A hard-working athlete who puts lots of effort into building unique bike features, Berrecloth’s dedication to the sport is unmatched in the industry. Known for taking lines that other riders don’t even consider, his success, sheer guts and determination have seen him become something of a legendary figure – even more so since breaking his back in 2011 and returning to competitive riding for 2012.
He has also put his creative juices to good use, designing the Red Bull Berg Line course for the Winterberg event, as well as building one of the most progressive courses in the world for his Bearclaw Invitational. The course has now been built as a permanent feature on Vancouver Island and the Invitational itself featuring for several years as an epic gold-level slopestyle event on the FMB World Tour.
His creativity doesn’t stop there though, he also likes to mix it up in front of the cameras and his appearance in films such as Where The Trail Ends and North of Nightfall bears witness to this. Unable to stay still, Berrecloth has also started Global Epix, which will allow fans to ride alongside him while travelling to a wide variety of exotic and epic locations around the globe.
North of Nightfall
Director – Jeremy Grant
Year of Production – 2018
Length – 65min
Country of Origin – USA
Hidden among the glaciers high in the Arctic Circle are mountain bike lines too incredible to ignore. Harsh temperatures, volatile weather and nine-month winters mean the area is normally devoid of human life. But each summer, this frozen landscape flourishes under endless daylight, revealing a spectacular ecosystem. Join Darren Berrecloth, Carson Storch, Cam Zink and Tom Van Steenbergen as they embark on an expedition to the top of the world to explore this relatively unknown land. In doing so, they discover a changing environment steeped in history along with challenging terrain unlike anything anyone’s ridden to date.
Director: Ryan Kremsater
Length: 4:52 min
Lost in the forests of British Columbia, the history of freeride mountain biking can be read from the progression of relic features. Once part of epic trails, these features mark an era that has been lost to time and reclaimed by forest. Wooden features, log rides and skinnies intended to test the balance, focus and the nerve of riders were common. As the sport shifts towards faster styles of riding, trails built with challenging and skinny technical wooden features are becoming increasingly rare, replaced by berms, jumps and drops requiring more speed and less precision.
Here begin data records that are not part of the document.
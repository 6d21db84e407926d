// The rows of the list. A list's code and count are written once its elements stand behind them and are counted. Buffer and offset
// stay two parameters: each function ends at an offset that its caller goes on from, and `numbers` takes both.
ghost use Rattle.std.specs.Prelude.{◌+◌, ◌≤◌, ◌≡◌, ◌++◌, length};
ghost use Rattle.std.proofs.lemmas.List.Edits.{sets};
ghost use Rattle.wire.specs.Area.{over};
ghost use Rattle.wire.specs.Number.{le_bytes};
ghost use Rattle.list.specs.Kind.{list_code, code_of};
ghost use Rattle.list.specs.declared.Kind.TheVariants.{Blob};
ghost use Rattle.list.specs.Tree.{none, list, count};
ghost use Rattle.list.specs.Bytes.{number, element_bytes, list_bytes};
ghost use Rattle.slot.specs.Slot.{param_count};
ghost use Rattle.slot.specs.Row.{uid_size};
ghost use Rattle.table.specs.Places.{slot_count, socket_count};
ghost use Rattle.publish.specs.Published.{parameters_from, device_row, published};
ghost use Rattle.publish.specs.Put.{Room, Put, front};

use super::parameter::put_parameter;
use catalogue::MAX_PARAMETERS;
use list::{Kind, LIST_CODE};
use numbers::put_two_u32;
use slot::Slot;
use table::{SLOTS, SOCKETS};

// The bytes of a row before its parameters, and of the outer list before its rows.
const ROW_FRONT: usize = 40;

const LIST_FRONT: usize = 8;

// The elements that every row has: socket, type and UID.
const ROW_FIXED: u32 = 3;

// The bytes of a UID.
const UID_BYTES: u32 = 8;

// The offset behind some elements, and how many they are.
#[derive(Drop)]
struct Extent {
    end: usize,
    count: u32,
}

// The held parameters of a device.
fn put_parameters(c: &[u8], s: Slot, buffer: &mut [u8], at: usize) -> Extent
    requires { Room buffer.old at (element_bytes list_code (parameters_from param_count c.now s 0)) }
    ensures { Put buffer.old at (element_bytes list_code (parameters_from param_count c.now s 0)) buffer.new result.end
        × (result.count ≡ count (parameters_from param_count c.now s 0)) × (result.count ≤ param_count) }
{
    let d = catalogue::find_device(c, s.device);
    let bytes = catalogue::parameter_bytes(c, d);
    let mut end = at;
    let mut count: u32 = 0;
    for p in 0..MAX_PARAMETERS {
        if s.present[p] {
            let kind = catalogue::describe(bytes[p]).kind;
            let v = value::of_kind(kind, s.bits[p]);
            end = put_parameter(buffer, end, p as u32, v);
            count += 1;
        }
    }
    Extent { end, count }
}

// A UID: a blob of eight bytes, low byte first as they came.
fn put_uid(buffer: &mut [u8], at: usize, uid: u64)
    requires { at + 16 ≤ length buffer.old }
    ensures { buffer.new ≡ sets buffer.old at (number (code_of Blob) ++ (number uid_size ++ le_bytes uid_size uid)) }
{
    put_two_u32(buffer, at, Kind::BLOB, UID_BYTES);
    numbers::put_u64(buffer, at + 8, uid);
}

// A device's row up to its parameters, of which `held` follow. `as` widens a byte here; `u32::from` would say no more,
// and its proof would have one equation more for each piece.
fn put_front(buffer: &mut [u8], at: usize, s: Slot, held: u32)
    requires { (at + 40 ≤ length buffer.old) × (held ≤ param_count) }
    ensures { buffer.new ≡ sets buffer.old at (front s held) }
{
    put_two_u32(buffer, at, LIST_CODE, ROW_FIXED + held);
    put_two_u32(buffer, at + 8, Kind::INT, s.socket as u32);
    put_two_u32(buffer, at + 16, Kind::INT, s.device as u32);
    put_uid(buffer, at + 24, s.uid);
}

// A device's row.
fn put_device(c: &[u8], s: Slot, buffer: &mut [u8], at: usize) -> usize
    requires { Room buffer.old at (element_bytes list_code (list (device_row c.now s) none)) }
    ensures { Put buffer.old at (element_bytes list_code (list (device_row c.now s) none)) buffer.new result }
{
    let x = put_parameters(c, s, buffer, at + ROW_FRONT);
    put_front(buffer, at, s, x.count);
    x.end
}

// The rows of all devices.
fn put_devices(c: &[u8], t: &[u8], buffer: &mut [u8], at: usize) -> Extent
    requires { Room buffer.old at (element_bytes list_code (published slot_count socket_count c.now t.now)) }
    ensures { Put buffer.old at (element_bytes list_code (published slot_count socket_count c.now t.now)) buffer.new result.end
        × (result.count ≡ count (published slot_count socket_count c.now t.now)) }
{
    let mut end = at;
    let mut count: u32 = 0;
    for socket in 0..SOCKETS {
        if let Some(i) = table::find_slot(t, SLOTS, socket) {
            let s = slot::slot_at(t, i);
            end = put_device(c, s, buffer, end);
            count += 1;
        }
    }
    Extent { end, count }
}

// The published list at the front of the buffer.
pub fn put_list(c: &[u8], t: &[u8], buffer: &mut [u8]) -> usize
    requires { length (list_bytes (published slot_count socket_count c.now t.now)) ≤ length buffer.old }
    ensures { (buffer.new ≡ over (list_bytes (published slot_count socket_count c.now t.now)) buffer.old)
        × (result ≡ length (list_bytes (published slot_count socket_count c.now t.now))) }
{
    let x = put_devices(c, t, buffer, LIST_FRONT);
    put_two_u32(buffer, 0, LIST_CODE, x.count);
    x.end
}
Both styles of riding are fun, but I cherish the old skinny trails that remain. The elevated ladder bridges, log rides and skinnies require a high level of focus, and control. The state of the flow required to ride these trails, where the outside world falls away, time begins to slow, and the mind becomes completely calm, certain in the control it has over the body, is seductive. To break mental concentration risks error, but the feeling of unbreakable focus is fulfilling.
In today’s world, where life is becoming increasingly fast-pace, I seek these moments of serenity more often. They offer an escape from chaos, and a chance to connect with myself on a deeper level. Whether I am riding on two wheels or one, the experience of riding these trails is special. The time and dedication the builders spent crafting each stunt, each work of art, is inspiring, and adds to the experience. To the builders that keep this style of riding alive, your efforts are appreciated.